Lunes. Doce de octubre. No sé si es una muy acertada anotación de diarista consignar que todos los lunes deberían ser fiesta. No crean. Hay no pocos partidarios de que fueran los viernes. No sé tampoco si conozco a alguna Pilar y eso me produce de repente un vacío. Sí, sí conozco. Alivio. La cantidad de gente que se empeña en decirnos que es monárquica o republicana sin tener en cuenta que nos importa poco lo que sean. Algo así, trufado con un taco, digo en Twitter. La cosa tiene un éxito moderado y mientras me llegan las notificaciones desayuno una magdalena de chocolate de buen tamaño, que para eso es fiesta. Aunque para fiesta, mejor festín, la que supone agarrar el taco de periódicos que ya hay sobre la mesa. Me salta bilis de una entrevista y voy a limpiarme con un columnista que siempre está de mal humor para abrevar finalmente en una jugosa crónica sobre la actualidad italiana. Habrá que celebrar la Hispanidad o lo que quiera que sea, en algún restaurante, dado que debo pasar la tarde en casa.

Martes. Me llega una misiva de un lector de Costa Rica sobre mi novela ‘El mago de Riga’. Y ya no puede uno acertar a hacer nada a derechas en esta jornada. Fantaseo sobre la magia de los libros, sus viajes y peripecias, los lectores lejanos. Mi libro en Costa Rica, tal vez en una biblioteca de una casa junto a la playa. Descansando tras un viaje transoceánico. Quién lo compraría. Dónde.

Miércoles.
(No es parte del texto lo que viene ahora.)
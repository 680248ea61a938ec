use sl_text::{Boxed, Kind, Row, Span, Text};

/// A file: the path of its package, which is empty where it has none; its imports and its declarations, in order; the span from its
/// first token to its last; and the places of its line feeds, in bytes, in order.
#[derive(Drop)]
pub struct File {
    pub package: Row<Text>,
    pub imports: Row<Import>,
    pub decls: Row<Decl>,
    pub span: Span,
    pub feeds: Row<u32>,
}

/// `import PATH`, or `import PATH._` where it is of all.
#[derive(Drop)]
pub struct Import {
    pub path: Row<Text>,
    pub all: bool,
    pub span: Span,
}

/// `@NAME`, or `@NAME(name = EXPR, ..)`.
#[derive(Drop)]
pub struct Note {
    pub name: Text,
    pub pairs: Row<Field>,
    pub span: Span,
}

/// `NAME = EXPR`, in a note and in an updated copy.
#[derive(Drop)]
#[cycle(tree)]
pub struct Field {
    pub name: Text,
    pub value: Expr,
}

/// A declaration, or a member of one.
#[derive(Drop)]
#[cycle(declarations)]
pub struct Decl {
    pub notes: Row<Note>,
    pub kind: DeclKind,
    pub span: Span,
}

/// What a declaration declares. Type parameters are names, parents are the types after `extends` and `with`; both are empty where
/// nothing is written. Members are None where no braces are written.
#[derive(Drop)]
#[cycle(declarations)]
pub enum DeclKind {
    /// `object NAME { NAMES }`, where each name is a Quoted or a Symbol, as it is written.
    Enum(Text, Row<Lexeme>),
    /// `class NAME`
    Ints(Text),
    /// `class NAME[TYPE PARAMETERS](PARAMETERS) extends PARENTS { METHODS }`
    Class(Text, Row<Text>, Row<Param>, Row<TypeTerm>, Option<Row<Decl>>),
    /// `trait NAME[TYPE PARAMETERS] extends PARENTS { METHODS }`
    Trait(Text, Row<Text>, Row<TypeTerm>, Option<Row<Decl>>),
    /// `object NAME extends PARENTS { MEMBERS }`
    Object(Text, Row<TypeTerm>, Option<Row<Decl>>),
    /// `[override] def NAME[TYPE PARAMETERS](PARAMETERS): TYPE = BODY`; parameters are None where no parentheses are written.
    Method(bool, Text, Row<Text>, Option<Row<Param>>, TypeTerm, Option<Body>),
    /// `[override] val NAME: TYPE = EXPR`, or `var` where it is true.
    Global(bool, bool, Text, Option<TypeTerm>, Expr),
}

/// What stands behind a method's `=`.
#[derive(Drop)]
pub enum Body {
    Block(Row<Stmt>),
    Value(Expr),
}

/// A parameter: `NAME: TYPE`, `val NAME: TYPE` or `var NAME: TYPE`.
#[derive(Drop)]
pub struct Param {
    pub keyword: Keyword,
    pub name: Text,
    pub kind: TypeTerm,
}

/// The word before a parameter.
#[derive(Clone, Copy, Debug, PartialEq, Eq)]
pub enum Keyword {
    Nothing,
    Val,
    Var,
}

/// A token as a tree has it: its kind and its bytes.
#[derive(Drop)]
pub struct Lexeme {
    pub kind: Kind,
    pub text: Text,
}

/// A type: `PATH`, or `PATH[ARGUMENTS]`.
#[derive(Drop)]
pub struct TypeTerm {
    pub path: Row<Text>,
    pub args: Row<TypeTerm>,
    pub span: Span,
}

/// A pattern.
#[derive(Drop)]
#[cycle(patterns)]
pub struct Pattern {
    pub kind: PatternKind,
    pub span: Span,
}

/// The kinds of patterns.
#[derive(Drop)]
#[cycle(patterns)]
pub enum PatternKind {
    /// `_`, or `_: TYPE`
    Any(Option<TypeTerm>),
    /// `NAME`, or `NAME: TYPE`
    Bind(Text, Option<TypeTerm>),
    /// A Number, with or without `-` before it, a Quoted, a Letter, a Prefixed, `T` or `F`.
    Literal(bool, Lexeme),
    /// `NAME.NAME`, with any number of names more
    Constant(Row<Text>),
    /// `PATH(PATTERNS)`
    Class(Row<Text>, Row<Pattern>),
}

/// An expression.
#[derive(Drop)]
#[cycle(tree)]
pub struct Expr {
    pub kind: ExprKind,
    pub span: Span,
}

/// The kinds of expressions.
#[derive(Drop)]
#[cycle(tree)]
pub enum ExprKind {
    /// A Number, with or without `-` before it, a Quoted, a Letter or a Prefixed.
    Literal(bool, Lexeme),
    /// `NAME`
    Name(Text),
    /// `this`
    This,
    /// `(EXPR)`
    Paren(Boxed<Expr>),
    /// `-EXPR`, `!EXPR` or `~EXPR`
    Prefix(Text, Boxed<Expr>),
    /// `EXPR OPERATOR EXPR`
    Infix(Boxed<Expr>, Text, Boxed<Expr>),
    /// `EXPR.NAME`
    Select(Boxed<Expr>, Text),
    /// `EXPR(EXPR, ..)`
    Apply(Boxed<Expr>, Row<Expr>),
    /// `EXPR(NAME = EXPR, ..)`
    Update(Boxed<Expr>, Row<Field>),
    /// `EXPR[TYPE, ..]`
    Given(Boxed<Expr>, Row<TypeTerm>),
    /// `if (EXPR) EXPR else EXPR`
    If(Boxed<Expr>, Boxed<Expr>, Boxed<Expr>),
    /// `EXPR match { CASES }`
    Match(Boxed<Expr>, Row<Case>),
}

/// `case PATTERN => STATEMENTS`, or with a guard `case PATTERN if EXPR => STATEMENTS`.
#[derive(Drop)]
#[cycle(tree)]
pub struct Case {
    pub pattern: Pattern,
    pub guard: Option<Expr>,
    pub body: Row<Stmt>,
}

/// A statement.
#[derive(Drop)]
#[cycle(tree)]
pub struct Stmt {
    pub kind: StmtKind,
    pub span: Span,
}

/// The kinds of statements.
#[derive(Drop)]
#[cycle(tree)]
pub enum StmtKind {
    /// `val NAME: TYPE = EXPR`, or `var` where it is true.
    Let(bool, Text, Option<TypeTerm>, Expr),
    /// `EXPR = EXPR`
    Assign(Expr, Expr),
    /// `EXPR`
    Call(Expr),
    /// `if (EXPR) { STATEMENTS }`, and what stands behind its `else`.
    If(Expr, Row<Stmt>, Else),
    /// `while (EXPR) { STATEMENTS }`
    While(Expr, Row<Stmt>),
    /// `for (NAME <- EXPR until EXPR) { STATEMENTS }`, or `to` where it is true.
    For(Text, Expr, bool, Expr, Row<Stmt>),
    /// `EXPR match { CASES }`
    Match(Expr, Row<Case>),
    /// `return`, or `return EXPR`
    Return(Option<Expr>),
    /// `Contract(..)`, `Invariant(..)` or `l"..."`: all its tokens.
    Skip(Row<Lexeme>),
}

/// What stands behind a statement's `else`: nothing, a block, or one more `if`.
#[derive(Drop)]
#[cycle(tree)]
pub enum Else {
    Nothing,
    Block(Row<Stmt>),
    If(Boxed<Stmt>),
}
Alfredo Taján saca libro. ‘El retrato de Doris Day’ (Renacimiento). Jugoso, culto, distinto. Erudito. Piezas en las que el propio escritor es el protagonista. Me seduce especialmente el relato ‘Crimen en La Nogalera’. Y es que nunca sabe uno, hasta que lo comprueba, el mortífero poder de una Olivetti. No pocas de las obsesiones de Taján están aquí. Muchas de sus fascinaciones. Como la que ejerce sobre él la sangrienta señorona centroeuropea del XVII Erzsébeth Báthory, espeluznante personaje aficionada al deporte de desangrar jovencitas en su castillo.

Jueves. Entrevisto a Pedro Moreno Brenes, secretario del Ayuntamiento de Málaga. Hacía mucho que no veía a Brenes, al que encuentro optimista, delgado y cordial. Se las tuvo con Gil a los 26 años, cuando era secretario del Ayuntamiento marbellí; es profesor de Derecho y fue muchos años concejal y portavoz de Izquierda Unida. Me habla con orgullo de sus hijos, tres juristas. En un receso, Brenes me pregunta por el futuro de los periódicos. De noche, a solas, me pongo pesado conmigo mismo tratando de autoresponderme a esa pregunta.

Viernes. Me interno en un centro comercial. Viernes por la tarde. Ciudad dentro de la ciudad. Una señora rebusca en las ofertas de pantalones para caballeros, padres con sus hijos de la mano. Grupos de adolescentes que se arremolinan en una tienda de fundas para móviles. Cola en una hamburguesería. Merendaría patatas fritas pero no me compensa tener luego remordimientos. Tal vez otro articulista me atisbe y me confunda con un desocupado que mata el tiempo mirando escaparates y me meta en su columna. Pero yo no estoy desocupado. Estoy buscando una bicicleta. Todo padre que se precie compra alguna vez una bicicleta. Yo recuerdo la primera que tuve, que era azul y con la que me estampé un número razonable de veces. Luego tuve una de montaña, un capricho absurdo, bicicleta de montaña para transitar por el que entonces era mi barrio, un barrio en el confín de la ciudad, sin carril bici, ni aceras anchas, con toda mi adolescencia desparramándose por planicies de cemento. Los dependientes de la tienda en la que venden bicis no agobian. Pedaleo por la tarde sopesando si ahora entrar a la peluquería o al supermercado. La señora que rebuscaba pantalones lleva uno en una bolsa transparente. Gris.